=== Requirement ===
Where the line with "pub struct RowReader<'n, K>" appears below, start writing out lines exactly, and finish with the line with "pub fn new(alloc: Global, names: &'n", which is included; write out nothing else.

=== Recorded data ===
◇ ◇ ◇ ◇ ◇ ◇ ◇
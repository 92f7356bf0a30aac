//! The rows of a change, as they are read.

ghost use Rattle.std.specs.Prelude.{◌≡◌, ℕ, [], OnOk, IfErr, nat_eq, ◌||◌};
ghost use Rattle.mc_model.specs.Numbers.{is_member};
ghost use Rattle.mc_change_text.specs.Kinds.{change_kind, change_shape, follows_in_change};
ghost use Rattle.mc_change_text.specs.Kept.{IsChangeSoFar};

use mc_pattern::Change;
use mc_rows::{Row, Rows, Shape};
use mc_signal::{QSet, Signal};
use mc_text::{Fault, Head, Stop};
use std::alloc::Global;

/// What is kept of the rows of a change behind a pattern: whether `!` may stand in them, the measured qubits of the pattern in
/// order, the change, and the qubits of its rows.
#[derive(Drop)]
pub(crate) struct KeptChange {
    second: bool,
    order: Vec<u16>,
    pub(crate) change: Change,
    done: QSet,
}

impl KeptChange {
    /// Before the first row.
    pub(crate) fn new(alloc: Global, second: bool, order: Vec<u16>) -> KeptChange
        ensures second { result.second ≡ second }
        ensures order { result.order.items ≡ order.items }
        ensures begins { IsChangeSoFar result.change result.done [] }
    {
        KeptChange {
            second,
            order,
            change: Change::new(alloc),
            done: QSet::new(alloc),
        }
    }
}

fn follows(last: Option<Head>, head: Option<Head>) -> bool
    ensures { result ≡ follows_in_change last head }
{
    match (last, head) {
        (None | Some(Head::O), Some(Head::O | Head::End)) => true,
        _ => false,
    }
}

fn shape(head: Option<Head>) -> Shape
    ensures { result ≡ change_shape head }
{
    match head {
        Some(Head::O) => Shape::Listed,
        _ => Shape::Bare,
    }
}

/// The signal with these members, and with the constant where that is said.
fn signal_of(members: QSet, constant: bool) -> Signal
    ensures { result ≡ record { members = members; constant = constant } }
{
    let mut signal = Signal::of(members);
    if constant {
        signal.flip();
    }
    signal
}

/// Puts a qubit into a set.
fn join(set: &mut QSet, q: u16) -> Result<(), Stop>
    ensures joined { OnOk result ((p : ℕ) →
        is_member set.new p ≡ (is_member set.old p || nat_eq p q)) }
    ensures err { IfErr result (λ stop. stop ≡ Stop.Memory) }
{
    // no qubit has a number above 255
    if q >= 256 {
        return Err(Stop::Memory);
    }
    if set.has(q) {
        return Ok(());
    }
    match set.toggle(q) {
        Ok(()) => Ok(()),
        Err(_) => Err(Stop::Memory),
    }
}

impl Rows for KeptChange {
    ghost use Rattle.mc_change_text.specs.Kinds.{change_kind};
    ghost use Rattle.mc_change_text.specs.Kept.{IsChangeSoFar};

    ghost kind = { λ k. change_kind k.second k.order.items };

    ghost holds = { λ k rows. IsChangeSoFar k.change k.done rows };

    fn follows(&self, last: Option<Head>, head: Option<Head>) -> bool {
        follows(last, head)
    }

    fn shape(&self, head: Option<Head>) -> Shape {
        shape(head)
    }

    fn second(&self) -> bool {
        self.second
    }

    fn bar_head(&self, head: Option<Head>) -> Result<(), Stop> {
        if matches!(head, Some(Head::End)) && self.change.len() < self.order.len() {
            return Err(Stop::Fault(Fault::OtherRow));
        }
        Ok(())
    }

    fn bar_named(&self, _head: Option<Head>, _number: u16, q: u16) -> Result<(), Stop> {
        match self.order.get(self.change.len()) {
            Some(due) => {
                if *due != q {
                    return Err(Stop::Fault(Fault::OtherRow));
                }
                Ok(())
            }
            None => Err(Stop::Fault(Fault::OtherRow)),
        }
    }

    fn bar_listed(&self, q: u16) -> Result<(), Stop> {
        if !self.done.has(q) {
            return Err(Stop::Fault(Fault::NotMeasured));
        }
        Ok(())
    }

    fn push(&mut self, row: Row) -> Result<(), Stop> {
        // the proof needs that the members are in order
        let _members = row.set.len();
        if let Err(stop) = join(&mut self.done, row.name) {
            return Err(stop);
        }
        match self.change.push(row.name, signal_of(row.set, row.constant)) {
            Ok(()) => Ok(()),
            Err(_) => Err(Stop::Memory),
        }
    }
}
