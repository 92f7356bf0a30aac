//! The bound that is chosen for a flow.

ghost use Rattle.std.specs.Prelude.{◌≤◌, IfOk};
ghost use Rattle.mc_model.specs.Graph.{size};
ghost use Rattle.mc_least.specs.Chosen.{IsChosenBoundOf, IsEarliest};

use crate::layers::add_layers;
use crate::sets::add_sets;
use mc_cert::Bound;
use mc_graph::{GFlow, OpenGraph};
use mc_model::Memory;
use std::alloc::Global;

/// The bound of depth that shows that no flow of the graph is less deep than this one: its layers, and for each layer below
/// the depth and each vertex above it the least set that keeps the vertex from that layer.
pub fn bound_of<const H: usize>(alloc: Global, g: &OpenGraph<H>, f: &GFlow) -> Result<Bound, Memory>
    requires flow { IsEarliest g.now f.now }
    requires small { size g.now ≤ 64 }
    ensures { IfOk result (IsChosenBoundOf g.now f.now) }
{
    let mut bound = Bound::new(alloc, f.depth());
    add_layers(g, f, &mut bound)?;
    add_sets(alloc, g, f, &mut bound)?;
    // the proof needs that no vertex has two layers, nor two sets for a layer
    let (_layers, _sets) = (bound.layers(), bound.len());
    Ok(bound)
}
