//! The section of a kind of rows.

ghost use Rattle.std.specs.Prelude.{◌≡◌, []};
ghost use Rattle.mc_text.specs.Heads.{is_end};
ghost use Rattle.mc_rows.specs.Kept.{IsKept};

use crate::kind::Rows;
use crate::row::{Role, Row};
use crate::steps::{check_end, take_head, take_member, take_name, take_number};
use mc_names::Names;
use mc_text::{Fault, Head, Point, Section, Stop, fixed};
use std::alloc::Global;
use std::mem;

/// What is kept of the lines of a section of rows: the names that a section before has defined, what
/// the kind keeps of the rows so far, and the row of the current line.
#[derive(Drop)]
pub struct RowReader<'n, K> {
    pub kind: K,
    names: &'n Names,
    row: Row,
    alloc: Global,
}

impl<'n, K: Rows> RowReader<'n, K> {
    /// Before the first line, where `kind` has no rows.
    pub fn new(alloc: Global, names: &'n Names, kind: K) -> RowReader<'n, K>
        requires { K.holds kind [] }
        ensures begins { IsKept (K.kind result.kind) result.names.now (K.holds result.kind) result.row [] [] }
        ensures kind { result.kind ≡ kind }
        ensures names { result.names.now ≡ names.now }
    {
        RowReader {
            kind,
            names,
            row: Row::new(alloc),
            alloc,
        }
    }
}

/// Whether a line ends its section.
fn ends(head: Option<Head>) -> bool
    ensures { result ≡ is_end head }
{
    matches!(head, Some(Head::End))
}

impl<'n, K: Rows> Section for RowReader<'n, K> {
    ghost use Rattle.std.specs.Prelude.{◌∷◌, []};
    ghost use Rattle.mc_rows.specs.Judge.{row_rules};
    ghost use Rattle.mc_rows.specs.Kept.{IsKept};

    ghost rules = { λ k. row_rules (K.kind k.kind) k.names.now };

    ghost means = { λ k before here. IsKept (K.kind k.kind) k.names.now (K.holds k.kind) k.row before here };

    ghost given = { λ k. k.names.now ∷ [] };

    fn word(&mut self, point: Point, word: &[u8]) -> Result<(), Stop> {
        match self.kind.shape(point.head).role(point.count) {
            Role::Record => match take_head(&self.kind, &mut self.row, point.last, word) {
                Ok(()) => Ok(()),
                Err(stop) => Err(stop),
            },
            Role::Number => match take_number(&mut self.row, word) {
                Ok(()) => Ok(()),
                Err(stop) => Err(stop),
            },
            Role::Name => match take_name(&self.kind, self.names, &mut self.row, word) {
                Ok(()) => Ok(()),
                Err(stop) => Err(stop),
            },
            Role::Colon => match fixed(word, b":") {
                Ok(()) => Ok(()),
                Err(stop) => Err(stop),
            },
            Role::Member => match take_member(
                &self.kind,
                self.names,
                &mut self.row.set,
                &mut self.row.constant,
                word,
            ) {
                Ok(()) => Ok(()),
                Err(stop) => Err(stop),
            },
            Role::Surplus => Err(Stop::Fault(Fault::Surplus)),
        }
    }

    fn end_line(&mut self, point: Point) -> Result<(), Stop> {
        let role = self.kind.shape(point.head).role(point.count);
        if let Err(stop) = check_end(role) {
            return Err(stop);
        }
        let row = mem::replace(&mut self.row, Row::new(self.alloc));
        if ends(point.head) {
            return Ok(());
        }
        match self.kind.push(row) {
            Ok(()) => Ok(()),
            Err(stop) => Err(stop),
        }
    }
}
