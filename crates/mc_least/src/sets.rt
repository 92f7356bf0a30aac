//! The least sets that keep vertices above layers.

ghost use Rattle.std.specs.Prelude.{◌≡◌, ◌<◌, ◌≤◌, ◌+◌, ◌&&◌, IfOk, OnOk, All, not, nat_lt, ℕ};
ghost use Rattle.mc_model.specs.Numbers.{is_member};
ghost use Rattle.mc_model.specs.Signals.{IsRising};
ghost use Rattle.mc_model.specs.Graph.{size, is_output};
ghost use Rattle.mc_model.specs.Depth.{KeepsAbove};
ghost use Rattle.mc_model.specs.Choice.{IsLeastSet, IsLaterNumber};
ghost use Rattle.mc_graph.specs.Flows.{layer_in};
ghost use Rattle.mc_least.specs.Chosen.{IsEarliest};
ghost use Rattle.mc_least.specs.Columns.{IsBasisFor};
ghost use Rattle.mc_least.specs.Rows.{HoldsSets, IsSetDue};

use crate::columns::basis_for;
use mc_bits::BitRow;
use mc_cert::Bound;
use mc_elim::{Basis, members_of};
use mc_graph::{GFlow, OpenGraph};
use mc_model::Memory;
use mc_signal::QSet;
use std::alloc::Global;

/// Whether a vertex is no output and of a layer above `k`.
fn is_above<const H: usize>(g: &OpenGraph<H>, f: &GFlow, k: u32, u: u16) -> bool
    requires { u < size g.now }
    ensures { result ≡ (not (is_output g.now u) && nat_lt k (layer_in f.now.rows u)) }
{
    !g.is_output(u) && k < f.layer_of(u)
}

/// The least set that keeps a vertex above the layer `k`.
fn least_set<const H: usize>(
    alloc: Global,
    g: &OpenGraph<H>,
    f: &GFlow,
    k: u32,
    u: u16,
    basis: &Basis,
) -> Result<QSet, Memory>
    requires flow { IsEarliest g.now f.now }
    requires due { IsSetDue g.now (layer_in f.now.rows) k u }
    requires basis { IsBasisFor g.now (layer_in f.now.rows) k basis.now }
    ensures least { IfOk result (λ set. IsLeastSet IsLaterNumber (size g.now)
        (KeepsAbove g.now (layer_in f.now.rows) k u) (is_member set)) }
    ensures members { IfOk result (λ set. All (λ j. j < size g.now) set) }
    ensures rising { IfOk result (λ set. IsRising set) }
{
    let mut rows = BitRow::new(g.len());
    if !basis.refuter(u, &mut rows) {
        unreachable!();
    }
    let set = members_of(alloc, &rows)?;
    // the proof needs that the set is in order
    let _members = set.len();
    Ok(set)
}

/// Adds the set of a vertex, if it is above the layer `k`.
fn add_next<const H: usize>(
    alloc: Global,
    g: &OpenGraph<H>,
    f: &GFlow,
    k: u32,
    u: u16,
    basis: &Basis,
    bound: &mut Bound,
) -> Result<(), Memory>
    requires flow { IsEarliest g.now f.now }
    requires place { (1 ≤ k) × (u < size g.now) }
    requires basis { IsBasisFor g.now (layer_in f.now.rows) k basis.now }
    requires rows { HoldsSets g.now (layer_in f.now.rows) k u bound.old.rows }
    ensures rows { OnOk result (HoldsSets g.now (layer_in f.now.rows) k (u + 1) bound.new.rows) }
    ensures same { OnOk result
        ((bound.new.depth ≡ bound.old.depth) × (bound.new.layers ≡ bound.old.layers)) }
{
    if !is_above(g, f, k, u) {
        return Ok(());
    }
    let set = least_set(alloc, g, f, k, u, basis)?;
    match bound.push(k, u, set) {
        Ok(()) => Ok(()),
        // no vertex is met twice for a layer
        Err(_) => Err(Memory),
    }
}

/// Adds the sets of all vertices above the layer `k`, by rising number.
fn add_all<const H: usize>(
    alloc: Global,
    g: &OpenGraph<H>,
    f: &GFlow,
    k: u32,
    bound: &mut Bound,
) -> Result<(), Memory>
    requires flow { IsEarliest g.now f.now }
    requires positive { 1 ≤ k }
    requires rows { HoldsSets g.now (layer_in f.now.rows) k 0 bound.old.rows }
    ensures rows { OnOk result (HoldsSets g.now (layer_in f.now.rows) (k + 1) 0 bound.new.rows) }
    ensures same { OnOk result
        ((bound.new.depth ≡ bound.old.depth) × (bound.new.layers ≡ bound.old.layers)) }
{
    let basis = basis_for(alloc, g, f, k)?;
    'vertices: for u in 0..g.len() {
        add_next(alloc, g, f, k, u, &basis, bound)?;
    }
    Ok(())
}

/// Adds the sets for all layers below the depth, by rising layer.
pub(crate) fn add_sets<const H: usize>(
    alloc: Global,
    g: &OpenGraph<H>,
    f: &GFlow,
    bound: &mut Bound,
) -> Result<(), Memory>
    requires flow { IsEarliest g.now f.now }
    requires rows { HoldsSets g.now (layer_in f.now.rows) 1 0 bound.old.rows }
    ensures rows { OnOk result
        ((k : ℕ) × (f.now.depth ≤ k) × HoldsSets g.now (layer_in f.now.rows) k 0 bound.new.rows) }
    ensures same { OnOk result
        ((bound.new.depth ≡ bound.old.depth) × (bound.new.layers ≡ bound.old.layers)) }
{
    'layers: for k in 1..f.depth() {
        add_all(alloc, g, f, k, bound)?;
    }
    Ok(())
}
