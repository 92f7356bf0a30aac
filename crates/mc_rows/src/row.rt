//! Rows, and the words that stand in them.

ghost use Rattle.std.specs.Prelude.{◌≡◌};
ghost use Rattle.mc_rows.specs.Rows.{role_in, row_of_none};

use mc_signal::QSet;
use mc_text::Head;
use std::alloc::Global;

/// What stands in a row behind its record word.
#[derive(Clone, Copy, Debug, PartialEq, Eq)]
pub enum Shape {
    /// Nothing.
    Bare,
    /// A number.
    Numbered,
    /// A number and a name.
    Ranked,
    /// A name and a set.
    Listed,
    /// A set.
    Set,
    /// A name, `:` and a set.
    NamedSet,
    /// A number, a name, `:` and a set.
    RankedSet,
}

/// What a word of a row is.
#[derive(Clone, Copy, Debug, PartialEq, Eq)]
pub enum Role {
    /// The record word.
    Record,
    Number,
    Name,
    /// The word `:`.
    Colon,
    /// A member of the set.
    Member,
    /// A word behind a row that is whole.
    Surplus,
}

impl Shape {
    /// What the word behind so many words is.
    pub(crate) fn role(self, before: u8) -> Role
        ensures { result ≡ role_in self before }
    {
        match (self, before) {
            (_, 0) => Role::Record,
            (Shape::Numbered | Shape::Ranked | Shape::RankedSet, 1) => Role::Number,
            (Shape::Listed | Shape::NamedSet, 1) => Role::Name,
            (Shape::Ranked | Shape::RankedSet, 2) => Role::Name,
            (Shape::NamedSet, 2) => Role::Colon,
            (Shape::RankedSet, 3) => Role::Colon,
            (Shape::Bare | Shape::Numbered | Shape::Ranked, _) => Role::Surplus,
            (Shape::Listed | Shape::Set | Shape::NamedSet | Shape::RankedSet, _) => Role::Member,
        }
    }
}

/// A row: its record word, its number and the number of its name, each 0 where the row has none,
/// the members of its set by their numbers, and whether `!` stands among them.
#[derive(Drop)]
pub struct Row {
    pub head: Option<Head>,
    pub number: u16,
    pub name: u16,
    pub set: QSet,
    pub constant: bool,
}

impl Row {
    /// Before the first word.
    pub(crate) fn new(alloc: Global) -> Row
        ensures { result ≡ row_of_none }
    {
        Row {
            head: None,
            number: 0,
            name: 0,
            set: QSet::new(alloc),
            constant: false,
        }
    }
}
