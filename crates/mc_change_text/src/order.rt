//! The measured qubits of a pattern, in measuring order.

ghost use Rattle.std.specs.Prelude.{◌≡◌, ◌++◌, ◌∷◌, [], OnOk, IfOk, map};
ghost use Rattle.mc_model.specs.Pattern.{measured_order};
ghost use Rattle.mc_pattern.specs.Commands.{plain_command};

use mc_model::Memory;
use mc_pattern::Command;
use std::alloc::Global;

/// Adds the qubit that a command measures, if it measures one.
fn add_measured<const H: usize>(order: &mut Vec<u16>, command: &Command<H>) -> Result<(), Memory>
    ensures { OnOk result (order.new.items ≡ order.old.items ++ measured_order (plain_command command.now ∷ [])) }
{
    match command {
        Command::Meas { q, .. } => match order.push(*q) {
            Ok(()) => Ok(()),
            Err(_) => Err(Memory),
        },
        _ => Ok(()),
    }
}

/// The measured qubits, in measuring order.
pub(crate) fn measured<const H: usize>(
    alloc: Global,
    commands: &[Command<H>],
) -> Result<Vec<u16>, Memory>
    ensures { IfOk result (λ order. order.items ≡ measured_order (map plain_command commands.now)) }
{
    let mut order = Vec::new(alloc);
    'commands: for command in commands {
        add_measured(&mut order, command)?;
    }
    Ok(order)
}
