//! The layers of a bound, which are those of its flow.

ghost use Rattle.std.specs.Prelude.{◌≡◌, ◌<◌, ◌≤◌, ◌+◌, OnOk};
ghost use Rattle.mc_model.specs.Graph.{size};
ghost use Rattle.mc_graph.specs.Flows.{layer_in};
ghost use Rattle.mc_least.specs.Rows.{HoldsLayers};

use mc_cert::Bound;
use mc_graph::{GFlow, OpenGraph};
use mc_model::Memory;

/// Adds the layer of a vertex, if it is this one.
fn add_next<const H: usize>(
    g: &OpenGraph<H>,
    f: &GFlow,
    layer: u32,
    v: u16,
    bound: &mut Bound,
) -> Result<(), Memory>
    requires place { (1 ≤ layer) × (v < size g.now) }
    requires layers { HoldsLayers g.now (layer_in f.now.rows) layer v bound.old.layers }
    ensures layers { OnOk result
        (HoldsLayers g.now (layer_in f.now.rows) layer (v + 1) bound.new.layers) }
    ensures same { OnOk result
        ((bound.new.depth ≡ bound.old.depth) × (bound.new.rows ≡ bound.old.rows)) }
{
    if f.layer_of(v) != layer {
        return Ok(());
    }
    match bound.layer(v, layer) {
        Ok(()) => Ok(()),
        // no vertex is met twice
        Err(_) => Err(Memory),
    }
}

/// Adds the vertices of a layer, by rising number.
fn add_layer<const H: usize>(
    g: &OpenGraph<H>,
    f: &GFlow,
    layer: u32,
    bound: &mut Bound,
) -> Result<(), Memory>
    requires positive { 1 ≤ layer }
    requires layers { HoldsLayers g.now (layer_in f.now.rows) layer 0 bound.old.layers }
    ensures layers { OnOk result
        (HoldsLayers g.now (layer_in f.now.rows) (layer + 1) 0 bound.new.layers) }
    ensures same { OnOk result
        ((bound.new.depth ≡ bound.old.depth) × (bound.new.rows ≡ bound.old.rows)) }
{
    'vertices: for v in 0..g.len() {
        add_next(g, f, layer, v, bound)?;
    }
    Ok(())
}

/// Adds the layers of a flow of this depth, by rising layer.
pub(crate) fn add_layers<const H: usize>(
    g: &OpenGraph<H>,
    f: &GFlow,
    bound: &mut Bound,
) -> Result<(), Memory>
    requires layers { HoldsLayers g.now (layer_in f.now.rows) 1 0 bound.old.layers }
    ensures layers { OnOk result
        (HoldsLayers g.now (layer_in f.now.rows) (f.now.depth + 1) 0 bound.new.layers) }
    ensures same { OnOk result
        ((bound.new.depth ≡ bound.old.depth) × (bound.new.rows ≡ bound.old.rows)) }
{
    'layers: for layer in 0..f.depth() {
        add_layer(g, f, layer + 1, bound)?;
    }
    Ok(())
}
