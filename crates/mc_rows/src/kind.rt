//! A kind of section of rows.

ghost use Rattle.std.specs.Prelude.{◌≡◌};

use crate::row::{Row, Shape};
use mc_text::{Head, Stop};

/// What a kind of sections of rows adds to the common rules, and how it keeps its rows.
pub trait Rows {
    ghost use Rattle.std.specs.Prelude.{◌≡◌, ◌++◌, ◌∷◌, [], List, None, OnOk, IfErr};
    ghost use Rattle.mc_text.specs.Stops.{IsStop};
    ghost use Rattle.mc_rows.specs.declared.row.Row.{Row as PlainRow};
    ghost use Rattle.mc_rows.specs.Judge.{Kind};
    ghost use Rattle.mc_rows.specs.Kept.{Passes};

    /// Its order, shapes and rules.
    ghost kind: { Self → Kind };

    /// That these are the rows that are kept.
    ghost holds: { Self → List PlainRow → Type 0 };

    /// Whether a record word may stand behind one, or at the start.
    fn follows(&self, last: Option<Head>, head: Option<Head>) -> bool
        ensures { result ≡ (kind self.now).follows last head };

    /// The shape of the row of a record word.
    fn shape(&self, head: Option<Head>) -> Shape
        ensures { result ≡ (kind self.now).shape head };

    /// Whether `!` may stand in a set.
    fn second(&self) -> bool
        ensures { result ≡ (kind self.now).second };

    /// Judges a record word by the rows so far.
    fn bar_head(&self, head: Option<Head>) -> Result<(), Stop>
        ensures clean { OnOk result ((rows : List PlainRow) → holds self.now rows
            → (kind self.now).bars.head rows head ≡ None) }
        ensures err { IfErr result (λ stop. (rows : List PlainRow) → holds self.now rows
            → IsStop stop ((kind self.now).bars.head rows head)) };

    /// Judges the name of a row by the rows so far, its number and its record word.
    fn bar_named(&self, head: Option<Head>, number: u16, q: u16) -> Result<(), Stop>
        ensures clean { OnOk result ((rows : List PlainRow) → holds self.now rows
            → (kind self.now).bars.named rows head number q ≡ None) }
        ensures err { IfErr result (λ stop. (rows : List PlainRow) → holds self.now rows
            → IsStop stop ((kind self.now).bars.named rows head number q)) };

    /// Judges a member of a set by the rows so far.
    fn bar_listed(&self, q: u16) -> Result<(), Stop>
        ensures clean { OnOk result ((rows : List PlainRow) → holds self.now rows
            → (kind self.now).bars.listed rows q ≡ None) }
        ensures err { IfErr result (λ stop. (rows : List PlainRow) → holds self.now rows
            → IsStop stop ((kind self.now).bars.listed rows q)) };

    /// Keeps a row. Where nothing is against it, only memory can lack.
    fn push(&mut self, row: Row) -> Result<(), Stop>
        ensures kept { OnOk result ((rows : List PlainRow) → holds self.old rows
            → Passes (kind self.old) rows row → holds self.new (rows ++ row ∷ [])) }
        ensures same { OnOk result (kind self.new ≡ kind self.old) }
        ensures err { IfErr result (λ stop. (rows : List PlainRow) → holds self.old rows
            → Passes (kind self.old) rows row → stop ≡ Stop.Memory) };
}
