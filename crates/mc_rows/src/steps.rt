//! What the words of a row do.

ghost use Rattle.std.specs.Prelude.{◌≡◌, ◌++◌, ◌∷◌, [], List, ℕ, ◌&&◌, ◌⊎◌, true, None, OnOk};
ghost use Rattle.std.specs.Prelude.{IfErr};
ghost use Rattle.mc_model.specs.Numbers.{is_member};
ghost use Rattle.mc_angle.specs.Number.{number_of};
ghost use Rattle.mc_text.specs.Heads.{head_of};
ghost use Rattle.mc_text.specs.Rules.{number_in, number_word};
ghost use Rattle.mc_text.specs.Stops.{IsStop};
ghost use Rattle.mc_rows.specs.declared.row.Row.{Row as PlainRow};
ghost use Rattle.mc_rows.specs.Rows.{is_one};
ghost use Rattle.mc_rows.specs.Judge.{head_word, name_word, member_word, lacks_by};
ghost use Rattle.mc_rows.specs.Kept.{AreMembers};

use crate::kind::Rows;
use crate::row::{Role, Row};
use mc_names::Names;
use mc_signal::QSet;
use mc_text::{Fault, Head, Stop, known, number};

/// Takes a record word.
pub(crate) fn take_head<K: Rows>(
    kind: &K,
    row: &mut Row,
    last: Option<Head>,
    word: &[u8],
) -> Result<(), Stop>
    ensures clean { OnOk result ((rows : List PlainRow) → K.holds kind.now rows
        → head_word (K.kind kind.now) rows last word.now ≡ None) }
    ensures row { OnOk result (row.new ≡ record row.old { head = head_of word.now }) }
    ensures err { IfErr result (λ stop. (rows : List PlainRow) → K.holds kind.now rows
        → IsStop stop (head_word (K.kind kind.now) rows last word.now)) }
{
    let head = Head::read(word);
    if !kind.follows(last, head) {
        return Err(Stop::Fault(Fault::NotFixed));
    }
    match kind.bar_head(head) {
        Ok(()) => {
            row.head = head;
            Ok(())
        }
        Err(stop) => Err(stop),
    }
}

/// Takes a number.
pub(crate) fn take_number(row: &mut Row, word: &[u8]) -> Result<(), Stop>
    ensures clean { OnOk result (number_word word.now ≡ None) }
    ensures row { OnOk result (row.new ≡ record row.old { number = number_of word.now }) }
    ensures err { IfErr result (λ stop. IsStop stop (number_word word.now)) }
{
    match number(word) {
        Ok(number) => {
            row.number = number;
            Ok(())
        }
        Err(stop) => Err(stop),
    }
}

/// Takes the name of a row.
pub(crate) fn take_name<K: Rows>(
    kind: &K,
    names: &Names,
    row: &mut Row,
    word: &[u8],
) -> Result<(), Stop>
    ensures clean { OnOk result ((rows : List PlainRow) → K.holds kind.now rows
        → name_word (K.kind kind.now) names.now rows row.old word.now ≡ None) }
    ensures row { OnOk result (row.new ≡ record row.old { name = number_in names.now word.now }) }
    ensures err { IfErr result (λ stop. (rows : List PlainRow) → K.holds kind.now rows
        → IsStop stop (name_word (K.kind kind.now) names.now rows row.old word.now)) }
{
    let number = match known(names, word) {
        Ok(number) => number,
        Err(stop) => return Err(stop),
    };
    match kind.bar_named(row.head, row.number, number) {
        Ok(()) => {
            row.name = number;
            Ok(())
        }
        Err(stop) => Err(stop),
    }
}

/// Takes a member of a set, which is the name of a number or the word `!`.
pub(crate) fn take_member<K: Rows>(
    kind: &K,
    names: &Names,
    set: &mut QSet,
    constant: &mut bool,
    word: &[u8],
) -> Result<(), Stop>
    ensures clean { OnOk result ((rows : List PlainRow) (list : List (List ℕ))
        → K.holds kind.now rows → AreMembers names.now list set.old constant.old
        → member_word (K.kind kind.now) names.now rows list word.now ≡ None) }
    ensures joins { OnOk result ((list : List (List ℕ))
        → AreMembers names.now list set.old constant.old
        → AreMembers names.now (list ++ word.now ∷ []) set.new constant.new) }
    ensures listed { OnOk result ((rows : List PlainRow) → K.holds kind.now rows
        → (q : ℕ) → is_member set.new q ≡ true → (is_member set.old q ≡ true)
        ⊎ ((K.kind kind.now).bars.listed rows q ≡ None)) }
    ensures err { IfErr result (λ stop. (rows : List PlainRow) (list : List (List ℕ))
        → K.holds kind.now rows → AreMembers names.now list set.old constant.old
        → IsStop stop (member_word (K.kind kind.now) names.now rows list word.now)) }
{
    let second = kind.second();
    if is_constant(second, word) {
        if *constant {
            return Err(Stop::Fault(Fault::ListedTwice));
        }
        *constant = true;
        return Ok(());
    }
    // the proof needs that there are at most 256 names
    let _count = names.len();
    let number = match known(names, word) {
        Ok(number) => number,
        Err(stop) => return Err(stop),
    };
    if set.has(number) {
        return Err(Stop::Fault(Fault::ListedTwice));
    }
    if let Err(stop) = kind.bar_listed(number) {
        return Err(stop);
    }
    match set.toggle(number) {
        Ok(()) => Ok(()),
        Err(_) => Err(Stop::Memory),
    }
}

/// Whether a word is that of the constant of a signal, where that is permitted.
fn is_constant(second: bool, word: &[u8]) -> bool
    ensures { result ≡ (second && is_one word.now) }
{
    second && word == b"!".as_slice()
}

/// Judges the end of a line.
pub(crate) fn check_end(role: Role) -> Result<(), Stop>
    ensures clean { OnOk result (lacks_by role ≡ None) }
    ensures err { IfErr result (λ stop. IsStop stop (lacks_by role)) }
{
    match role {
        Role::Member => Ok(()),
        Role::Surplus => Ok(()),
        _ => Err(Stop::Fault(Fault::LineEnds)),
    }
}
◇ ◇ ◇ ◇ ◇ ◇ ◇
=== Response to the exercise ===
pub struct RowReader<'n, K> {
    pub kind: K,
    names: &'n Names,
    row: Row,
    alloc: Global,
}

impl<'n, K: Rows> RowReader<'n, K> {
    /// Before the first line, where `kind` has no rows.
    pub fn new(alloc: Global, names: &'n Names, kind: K) -> RowReader<'n, K>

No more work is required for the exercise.